I've done the same procedure on another, classic memstick without write protection and got the same result - checksum is different.

Then I've compared checksums from those two memsticks - there were different.

----

So, why FreeBSD 9.0-RELEASE memstick image need to modify something on memstick from which it booted? Obviously, this doesn't take place when it is booted from DVD. It is really important for me to boot from write-protected media.


Thank you for your time
Marek


----------



## SirDice (Oct 4, 2012)

mnvn said:
			
		

> So, why FreeBSD 9.0-RELEASE memstick image need to modify something on memstick from which it booted?
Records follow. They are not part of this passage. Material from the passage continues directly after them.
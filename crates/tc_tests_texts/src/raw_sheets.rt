//! Stylesheets, by hand.

use crate::constructs::{HERE, INSTRUCTIONS, UNSUPPORTED};
use bumpalo::Bump;
use bumpalo::collections::{into_bump_slice, into_bump_str};
use std::alloc::Global;
use std::process::Abort;
use std::test::Fail;
use tc_base::{Place, Why};
use tc_model::{Binding, Instr, Name, Pattern, Raw, RawAttr, RawElem, Rule, Sheet};
use tc_sheet::{SheetFault, read_sheet};

const XSL: &str = "http://www.w3.org/1999/XSL/Transform";

/// The prefixes that are in scope everywhere.
const SCOPE: [Binding<'static>; 3] = [
    Binding {
        prefix: "xml",
        uri: "http://www.w3.org/XML/1998/namespace",
    },
    Binding {
        prefix: "xsl",
        uri: "http://www.w3.org/1999/XSL/Transform",
    },
    Binding {
        prefix: "",
        uri: "urn:default",
    },
];

/// The same, for elements that are put together by functions.
static IN_SCOPE: [Binding<'static>; 3] = SCOPE;

/// An attribute without a namespace, at a place.
macro_rules! plain {
    ($place:expr, $local:expr, $value:expr) => {
        RawAttr {
            name: Name {
                uri: "",
                local: $local,
            },
            value: $value,
            place: Place($place),
        }
    };
}

/// An attribute of the namespace of XSLT, at a place.
macro_rules! of_xslt {
    ($place:expr, $local:expr, $value:expr) => {
        RawAttr {
            name: Name {
                uri: XSL,
                local: $local,
            },
            value: $value,
            place: Place($place),
        }
    };
}

/// An element of XSLT at a place, with these attributes and children.
macro_rules! xsl {
    ($place:expr, $local:expr, $attributes:expr, $kids:expr) => {
        Raw::Elem(RawElem {
            name: Name {
                uri: XSL,
                local: $local,
            },
            attrs: $attributes,
            scope: &SCOPE,
            place: Place($place),
            kids: $kids,
        })
    };
}
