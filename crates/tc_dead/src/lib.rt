//! The spots of a stylesheet (rules, named bodies, branches), and the stylesheet whose results tell by a small schema
//! whether a document instantiates one of them.
#![tactic(auto)]

mod laws;
mod marking;
mod schema;
mod spots;

pub use laws::law_of_marks;
pub use marking::marked;
pub use schema::plain;
pub use spots::{Spot, places};
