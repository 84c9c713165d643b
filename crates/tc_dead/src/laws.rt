// Laws of marked stylesheets and of the plain schema.
ghost use Rattle.tc_dead.specs.Laws.{IsRuleOfNode, AreSpots, IsPlainLawful, IsPlainSmall, HaveSameSymbols, HaveItsPredicates, HaveItsPatterns, HaveSameMoves, HaveItsLooks};

/// Laws of spots and of marked stylesheets. The numbered rule of a node is the rule of the node, and a document instantiates
/// spots of the stylesheet alone. The plain schema is well-formed and within all limits. The stylesheets in which one or
/// another spot of a stylesheet is marked have, with any input, the same symbols, predicates, match patterns, moves and
/// looks.
pub fn law_of_marks()
    ensures rule { IsRuleOfNode }
    ensures spots { AreSpots }
    ensures lawful { IsPlainLawful }
    ensures small { IsPlainSmall }
    ensures symbols { HaveSameSymbols }
    ensures predicates { HaveItsPredicates }
    ensures patterns { HaveItsPatterns }
    ensures moves { HaveSameMoves }
    ensures looks { HaveItsLooks }
{}
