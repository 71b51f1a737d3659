// The user's three demands, and what the lister prints, as theorems over every crate: statements in specs/, proofs in proofs/, no function.
#![tactic(auto)]
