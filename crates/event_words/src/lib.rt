// What a bus event is, in words, and how it is answered: a line for each event.
#![tactic(auto)]

ghost use Rattle.std.specs.Prelude.{◌≡◌};
ghost use Rattle.refusals.specs.Numbers.{number};
ghost use Rattle.print.specs.Prints.{Prints};
ghost use Rattle.engine.specs.Answer.{given, told};
ghost use Rattle.event_words.specs.Words.{sensor_words, event_words, what_of, command_answer_words, refused_words, answer_words};
ghost use Rattle.event_words.specs.Line.{event_line};

use commands::answer::CommandAnswer;
use engine::answer::Answer;
use engine::event::Event;
use print::Printout;
use refusals::Refusal;
use registers::Chip;

mod byte;
mod command;

fn sensor(value: u8, out: &mut Printout)
    ensures { Prints out.old (sensor_words value) out.new }
{
    out.bytes(b"sensor ");
    out.decimal(u64::from(value));
}

#[tactic(auto, unfolding(crate::specs::Words::event_words))]
fn event_words(event: Event, chip: Chip, out: &mut Printout)
    ensures { Prints out.old (event_words event chip) out.new }
{
    match event {
        Event::Byte(byte) => byte::words(chip.phase, chip.registers, byte, out),
        Event::Start => out.bytes(b"start"),
        Event::Stop => out.bytes(b"stop"),
        Event::ReadAcknowledged => out.bytes(b"read"),
        Event::ReadNotAcknowledged => out.bytes(b"last read"),
        Event::Reset => out.bytes(b"reset"),
        Event::Sensor(value) => sensor(value, out),
        Event::Unlisted => {}
    }
}

// What the event is to a chip that stands as this one does before it.
pub fn what(event: u16, chip: Chip, out: &mut Printout)
    ensures { Prints out.old (what_of event chip) out.new }
{
    event_words(Event::of(event), chip, out);
}

fn command_answer(answer: CommandAnswer) -> &'static [u8]
    ensures { result.now ≡ command_answer_words answer }
{
    match answer {
        CommandAnswer::Taken => b"taken",
        CommandAnswer::Unknown => b"unknown",
        CommandAnswer::OutOfRange => b"out of range",
    }
}

fn refused(refusal: Refusal, out: &mut Printout)
    ensures { Prints out.old (refused_words (number refusal)) out.new }
{
    out.bytes(b"refused ");
    out.decimal(u64::from(refusal.number()));
}

// What the bus gives back for an event that is accepted.
#[tactic(auto, unfolding(crate::specs::Words::answer_words))]
fn accepted(answer: Answer, out: &mut Printout)
    ensures { Prints out.old (answer_words (given answer)) out.new }
{
    match answer {
        Answer::Nothing => out.bytes(b"-"),
        Answer::Acknowledged => out.bytes(b"acknowledged"),
        Answer::NotAcknowledged => out.bytes(b"not acknowledged"),
        Answer::Command(command) => out.bytes(command_answer(command)),
        Answer::Read(byte) => out.decimal(u64::from(byte)),
    }
}

#[tactic(auto, unfolding(crate::specs::Words::answer_words))]
pub fn answer(answer: Result<Answer, Refusal>, out: &mut Printout)
    ensures { Prints out.old (answer_words (told answer)) out.new }
{
    match answer {
        Ok(answer) => accepted(answer, out),
        Err(refusal) => refused(refusal, out),
    }
}

// The whole line. Chip and count are those before the event, and its number follows the count; it may be past the largest u64.
pub fn line(event: u16, chip: Chip, count: u64, given: Result<Answer, Refusal>, out: &mut Printout)
    ensures { Prints out.old (event_line event chip count (told given)) out.new }
{
    out.decimal_plus(count, 1);
    out.byte(b'\t');
    out.field(u64::from(event), b'\t');
    what(event, chip, out);
    out.byte(b'\t');
    answer(given, out);
    out.byte(b'\n');
}
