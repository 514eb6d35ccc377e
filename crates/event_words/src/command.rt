// A command byte: the fields of its row, by name and number.
ghost use Rattle.std.specs.Prelude.{◌≡◌, ◌%◌, ◌^◌, get_or};
ghost use Rattle.registers.specs.Data.{part_lows, part_widths, place_of};
ghost use Rattle.registers.specs.Record.{values};
ghost use Rattle.registers.specs.Table.{rows, no_row, above};
ghost use Rattle.print.specs.Prints.{Prints};
ghost use Rattle.event_words.specs.Words.{fields_words, row_words, command_words};
ghost use Rattle.event_words.specs.Fields.{named_field, field_at};

use instruction_table::table::{PARTS, SELECTED, part_low, part_row, part_target, part_width};
use print::Printout;
use registers::{Registers, names};
use text::pieces::piece;

// The number in a part's bits.
fn value(part: usize, byte: u8) -> u8
    ensures { result ≡ above (get_or part_lows part 0) byte % 2 ^ get_or part_widths part 0 }
{
    (byte >> part_low(part)) % (1u8 << part_width(part))
}

// The register that a target stands for: the grey one that GR selects has a number of its own.
fn place(target: u8, registers: Registers) -> usize
    ensures { result ≡ place_of target (values registers) }
{
    if target == SELECTED {
        21 + usize::from(registers.gr % 4)
    } else {
        usize::from(target)
    }
}

fn field(place: usize, value: u8, out: &mut Printout)
    ensures { Prints out.old (named_field place value) out.new }
{
    let all = names::all();
    out.byte(b' ');
    out.bytes(piece(&all, names::SEPARATOR, place));
    out.byte(b' ');
    out.decimal(u64::from(value));
}

// A part, if it is one of the row.
fn field_at(part: usize, row: usize, registers: Registers, byte: u8, out: &mut Printout)
    ensures { Prints out.old (field_at registers byte row part) out.new }
{
    if usize::from(part_row(part)) == row {
        let place = place(part_target(part), registers);
        field(place, value(part, byte), out);
    }
}

// The table has the parts of a row from the high end.
fn fields(row: usize, registers: Registers, byte: u8, out: &mut Printout)
    ensures { Prints out.old (fields_words registers byte (get_or rows row no_row).parts) out.new }
{
    for part in 0..PARTS {
        field_at(part, row, registers, byte, out);
    }
}

// Rows 0, 1 and 20 set no register that their bits name.
fn row_words(row: usize, registers: Registers, byte: u8, out: &mut Printout)
    ensures { Prints out.old (row_words registers byte row) out.new }
{
    match row {
        0 => out.bytes(b" nop"),
        1 => out.bytes(b" page return"),
        20 => out.bytes(b" row block swap"),
        _ => fields(row, registers, byte, out),
    }
}

pub fn words(registers: Registers, byte: u8, out: &mut Printout)
    ensures { Prints out.old (command_words registers byte) out.new }
{
    out.bytes(b"command");
    row_words(row_search::row_at(registers.h, byte), registers, byte, out);
}
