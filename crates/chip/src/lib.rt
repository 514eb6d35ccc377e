// What is promised of the chip. The promises are statements about definitions (specs/) and their proofs (proofs/Laws.antt):
// there is no code here. Whoever stands on this crate, and not on `engine`, goes by the laws and can't open the definitions.

#![tactic(auto)]
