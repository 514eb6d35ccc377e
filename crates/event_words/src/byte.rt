// A byte from the master, by the phase of the bus.
ghost use Rattle.std.specs.Prelude.{◌≡◌};
ghost use Rattle.print.specs.Prints.{Prints};
ghost use Rattle.event_words.specs.Words.{direction, address_words, announced, control_words, display_words, content_words, byte_words};

use print::Printout;
use registers::{Phase, Registers};

fn direction(byte: u8) -> &'static [u8]
    ensures { result.now ≡ direction byte }
{
    if byte % 2 == 0 { b" write" } else { b" read" }
}

fn address(byte: u8, out: &mut Printout)
    ensures { Prints out.old (address_words byte) out.new }
{
    out.bytes(b"address ");
    out.decimal(u64::from(byte / 2));
    out.bytes(direction(byte));
}

// One byte, or bytes without end; commands, or display data.
fn announced(one: bool, rs: bool) -> &'static [u8]
    ensures { result.now ≡ announced one rs }
{
    match (one, rs) {
        (true, true) => b"control one display byte",
        (true, false) => b"control one command",
        (false, true) => b"control endless display bytes",
        (false, false) => b"control endless commands",
    }
}

// Bit 7 of a control byte is Co, bit 6 is RS.
fn control(byte: u8) -> &'static [u8]
    ensures { result.now ≡ control_words byte }
{
    announced(byte / 128 == 1, byte / 64 % 2 == 1)
}

fn display_byte(registers: Registers, byte: u8, out: &mut Printout)
    ensures { Prints out.old (display_words registers byte) out.new }
{
    out.bytes(b"display ");
    out.field(u64::from(display::column(registers)), b' ');
    out.field(u64::from(registers.y), b' ');
    out.decimal(u64::from(display::stored(registers, byte)));
}

fn content(rs: bool, registers: Registers, byte: u8, out: &mut Printout)
    ensures { Prints out.old (content_words rs registers byte) out.new }
{
    if rs {
        display_byte(registers, byte, out);
    } else {
        crate::command::words(registers, byte, out);
    }
}

#[tactic(auto, unfolding(crate::specs::Words::byte_words))]
pub fn words(phase: Phase, registers: Registers, byte: u8, out: &mut Printout)
    ensures { Prints out.old (byte_words phase registers byte) out.new }
{
    match phase {
        Phase::AddressAwaited => address(byte, out),
        Phase::ControlAwaited => out.bytes(control(byte)),
        Phase::OneByte(rs) | Phase::EndlessBytes(rs) => content(rs, registers, byte, out),
        Phase::Idle | Phase::Ignoring | Phase::Reading | Phase::ReadEnded => out.bytes(b"ignored"),
    }
}
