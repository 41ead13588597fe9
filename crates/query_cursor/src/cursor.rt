//! `Parser`, the tokens that are left, and how single ones are taken.

ghost use Rattle.std.specs.Prelude.{◌≡◌, ◌<◌, Ok, Err, IfOk, IfErr, OnOk, drop};
ghost use Rattle.grammar_rules.specs.Lexemes.{among, begins_with, first_place};
ghost use Rattle.grammar_rules.specs.Readers.{read_token, read_open};
ghost use Rattle.query_tokens.specs.Symbols.{symbol_number};
ghost use Rattle.query_grammar.specs.Lists.{set_of, one};
ghost use Rattle.query_grammar.specs.Reading.{read_fixed, read_flagged};

use grammar_rules::Stop;
use query_tokens::{Lexeme, Symbol};
use std::alloc::Global;
use std::marker::Model;

/// What is left of a text's tokens, its end as the last. After a refusal other than for want of
/// memory, the first of them is the one at which reading stopped.
#[derive(Drop)]
pub struct Parser<'t, 'l> {
    alloc: Global,
    lexemes: &'l [Lexeme<'t>],
}

impl<'t, 'l> Model for Parser<'t, 'l> {
    ghost use Rattle.std.specs.Prelude.{List};
    ghost use Rattle.grammar_rules.specs.Lexemes.{Lexeme as seen};

    ghost Value = { List seen };

    ghost view = { λ p. p.lexemes.now };
}

impl<'t, 'l> Parser<'t, 'l> {
    /// A parser before these tokens.
    pub fn of(alloc: Global, lexemes: &'l [Lexeme<'t>]) -> Self
        ensures { result ≡ lexemes.now }
    {
        Parser { alloc, lexemes }
    }

    /// The allocator.
    pub fn alloc(&self) -> Global {
        self.alloc
    }

    /// The tokens that are left.
    pub fn left(&self) -> &'l [Lexeme<'t>]
        ensures { result.now ≡ self.now }
    {
        self.lexemes
    }

    /// Goes back to tokens that were left before.
    pub fn go_back(&mut self, lexemes: &'l [Lexeme<'t>])
        ensures { self.new ≡ lexemes.now }
    {
        self.lexemes = lexemes;
    }

    /// The place of the next token.
    pub fn place(&self) -> u32
        ensures { result ≡ first_place self.now }
    {
        match self.lexemes.first() {
            Some(lexeme) => lexeme.place(),
            None => 0,
        }
    }

    /// Whether the next token has one of these symbols.
    #[tactic(auto, using(query_grammar::proofs::Sets::among_absent))]
    pub fn is_one_of(&self, symbols: &[Symbol]) -> bool
        ensures { result ≡ begins_with (set_of symbols.now) self.now }
    {
        match self.lexemes.first() {
            Some(lexeme) => is_among(symbols, lexeme.symbol()),
            None => false,
        }
    }

    /// Whether the next token has this symbol.
    pub fn is(&self, symbol: Symbol) -> bool
        ensures { result ≡ begins_with (one symbol) self.now }
    {
        self.is_one_of(&[symbol])
    }

    /// Takes the next token where it has one of these symbols.
    #[tactic(auto, using(query_grammar::proofs::Sets::among_absent))]
    pub fn take(&mut self, symbols: &[Symbol]) -> Result<&'l Lexeme<'t>, Stop>
        ensures ok { IfOk result (λ t. read_token (set_of symbols.now) self.old ≡ Ok (t.now, self.new)) }
        ensures err { IfErr result (λ stop. read_token (set_of symbols.now) self.old ≡ Err (stop, self.new)) }
    {
        match self.lexemes {
            [] => Err(Stop::Expected),
            [lexeme, left @ ..] => {
                if is_among(symbols, lexeme.symbol()) {
                    self.lexemes = left;
                    Ok(lexeme)
                } else {
                    Err(Stop::Expected)
                }
            }
        }
    }

    /// Takes the next token where it has this symbol.
    pub fn expect(&mut self, symbol: Symbol) -> Result<&'l Lexeme<'t>, Stop>
        ensures ok { IfOk result (λ t. read_fixed symbol self.old ≡ Ok (t.now, self.new)) }
        ensures err { IfErr result (λ stop. read_fixed symbol self.old ≡ Err (stop, self.new)) }
    {
        self.take(&[symbol])
    }

    /// Takes a token that may be absent, and answers whether it is there.
    pub fn flag(&mut self, symbol: Symbol) -> bool
        ensures { read_flagged symbol self.old ≡ Ok (result, self.new) }
    {
        match self.lexemes {
            [lexeme, left @ ..] if lexeme.symbol().is(symbol) => {
                self.lexemes = left;
                true
            }
            _ => false,
        }
    }

    /// Takes a token that opens, where so many openings are left.
    pub fn open(&mut self, symbol: Symbol, left: u32) -> Result<&'l Lexeme<'t>, Stop>
        ensures ok { IfOk result (λ t. read_open left (one symbol) self.old ≡ Ok (t.now, self.new)) }
        ensures err { IfErr result (λ stop. read_open left (one symbol) self.old ≡ Err (stop, self.new)) }
        ensures left { OnOk result (0 < left) }
    {
        if left > 0 {
            self.expect(symbol)
        } else if self.is(symbol) {
            Err(Stop::Deep)
        } else {
            Err(Stop::Expected)
        }
    }
}

/// Whether a symbol is one of these.
fn is_among(symbols: &[Symbol], symbol: Symbol) -> bool
    ensures { result ≡ among (set_of symbols.now) (symbol_number symbol) }
{
    let mut rest = symbols;
    'others: while let [one, others @ ..] = rest {
        if one.is(symbol) {
            return true;
        }
        rest = others;
    }
    false
}
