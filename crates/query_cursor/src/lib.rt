//! The tokens that are left of a query, and the lowest lines of its grammar: words and signs, names,
//! paths, types, and what numbers and texts stand for.
//! `Parser` is seen as the list of lexemes that are left; each method reads one line of the grammar
//! off its front, as the reader of that line in query_grammar does, or stops at a lexeme.
//! What matters: `Parser::path` and `Parser::cast_type`, clauses `ok` and `err`.
//! It reads no expressions: expression_reader does.
#![tactic(auto)]

mod cursor;
mod leaves;
mod names;
mod words;

pub use cursor::Parser;
pub use leaves::{name_of, number_of, text_content};
pub use words::{cast_word, prod_sign, rel_of, sum_sign};
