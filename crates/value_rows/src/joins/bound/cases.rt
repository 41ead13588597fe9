//! Joins of all rows in one piece.

use super::super::{Joined, Row, SECOND};
use super::{LAST, Within, gives_by_keys};
use event_value::Memory;
use std::alloc::Global;
use std::test::Fail;

/// Bounds, left and right rows, and the rows of their join.
type Case<'a> = (Within, &'a [Row], &'a [Row], &'a [Joined]);

/// Whether the joins of all cases have these rows.
fn all_give(alloc: Global, cases: &[Case]) -> Result<bool, Memory> {
    for (within, left, right, wanted) in cases {
        if !gives_by_keys(alloc, *within, &[(*left, *right, LAST)], wanted)? {
            return Ok(false);
        }
    }
    Ok(true)
}

#[test]
fn a_bound_may_look_back(rt: HostRuntime) -> Result<(), Fail> {
    assert!(rt; all_give(rt.alloc(), &BACK)?);
    Ok(())
}

/// Bounds that look back, wholly or both ways.
const BACK: [Case<'static>; 3] = [
    // up to ten seconds back, as where the two sides of the bound are exchanged
    (
        (-10, 0, true),
        &[(10 * SECOND, Some(1), 1)],
        &[
            (0, Some(1), 11),
            (10 * SECOND, Some(1), 12),
            (10 * SECOND + 1, Some(1), 13),
        ],
        &[(10 * SECOND, 1, Some(11)), (10 * SECOND, 1, Some(12))],
    ),
    // wholly back: a left row without a match comes at its own time
    (
        (-10, -5, true),
        &[(20 * SECOND, Some(1), 1), (21 * SECOND, Some(3), 2)],
        &[
            (10 * SECOND - 1, Some(1), 11),
            (10 * SECOND, Some(1), 12),
            (15 * SECOND, Some(1), 13),
            (15 * SECOND + 1, Some(1), 14),
        ],
        &[
            (20 * SECOND, 1, Some(12)),
            (20 * SECOND, 1, Some(13)),
            (21 * SECOND, 2, None),
        ],
    ),
    // both ways
    (
        (-5, 5, true),
        &[(10 * SECOND, Some(1), 1)],
        &[
            (4 * SECOND, Some(1), 11),
            (5 * SECOND, Some(1), 12),
            (15 * SECOND, Some(1), 13),
            (16 * SECOND, Some(1), 14),
        ],
        &[(10 * SECOND, 1, Some(12)), (15 * SECOND, 1, Some(13))],
    ),
];

#[test]
fn rows_of_one_time_go_by_left_and_then_right_places(rt: HostRuntime) -> Result<(), Fail> {
    assert!(rt; all_give(rt.alloc(), &TIES)?);
    Ok(())
}

/// Rows that are joined at one time.
const TIES: [Case<'static>; 3] = [
    (
        (0, 10, true),
        &[(5 * SECOND, Some(1), 1), (5 * SECOND, Some(1), 2)],
        &[(5 * SECOND, Some(1), 11)],
        &[(5 * SECOND, 1, Some(11)), (5 * SECOND, 2, Some(11))],
    ),
    (
        (0, 10, true),
        &[(4 * SECOND, Some(1), 1), (5 * SECOND, Some(1), 2)],
        &[(6 * SECOND, Some(1), 11), (6 * SECOND, Some(1), 12)],
        &[
            (6 * SECOND, 1, Some(11)),
            (6 * SECOND, 1, Some(12)),
            (6 * SECOND, 2, Some(11)),
            (6 * SECOND, 2, Some(12)),
        ],
    ),
    (
        (0, 10, true),
        &[(30 * SECOND, Some(2), 1), (35 * SECOND, Some(1), 2)],
        &[(40 * SECOND, Some(1), 11)],
        &[(40 * SECOND, 1, None), (40 * SECOND, 2, Some(11))],
    ),
];

#[test]
fn null_keys_never_match(rt: HostRuntime) -> Result<(), Fail> {
    assert!(rt; all_give(rt.alloc(), &NO_KEYS)?);
    Ok(())
}

/// Rows without a key.
const NO_KEYS: [Case<'static>; 1] = [(
    (0, 10, true),
    &[(0, None, 1)],
    &[(0, None, 11)],
    &[(10 * SECOND, 1, None)],
)];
It may not be obvious but it writes to /var/log/messages for example.



> Obviously, this doesn't take place when it is booted from DVD.


It's set up differently, the CD/DVD makes use of mdmfs(8).



> It is really important for me to boot from write-protected media.


In that case I think you'll need to "roll your own".


----------



## mnvn (Oct 4, 2012)

It looks like in attachment (sorry for low resolution, huge limitations apply here).


----------



## mnvn (Oct 4, 2012)

I've also noticed that the same problem occurs when I try to mount the hardware-write-protected memstick normally (with 'mount' command), on running system.


----------



## SirDice (Oct 4, 2012)

The mount(8) command will try to mount read/write by default.


----------



## mnvn (Oct 4, 2012)

Ow, you're right. But on the boot stage the memstick is mounted as 'ro' and problem occurs.


----------



## SirDice (Oct 4, 2012)

After the fsck(8) the root filesystem is re-mounted read/write.


----------



## mnvn (Oct 4, 2012)

OK, but on the attached screenshot I don't see any fsck. I only see that "file system is clean, skipping checks' and then it tries to mount root filesystem as read/write, don't know why. Previously it was mounted as read only.


----------



## SirDice (Oct 4, 2012)

13.6 Init: Process Control Initialization


----------



## mnvn (Oct 4, 2012)

OK... but why is it possible to mount CD read-only and boot/install from it, but with memstick there are such problems? I understand that memstick is treated differently, but in my opinion system should be able to use it as read-only media, just as like CD.


----------



## SirDice (Oct 4, 2012)

As I said before, the CD/DVD is set up differently. The memory stick is installed just like a 'normal' harddrive.


----------



## mnvn (Oct 4, 2012)

OK, I just wanted to know and suggest. Thank you Sir for your time.


----------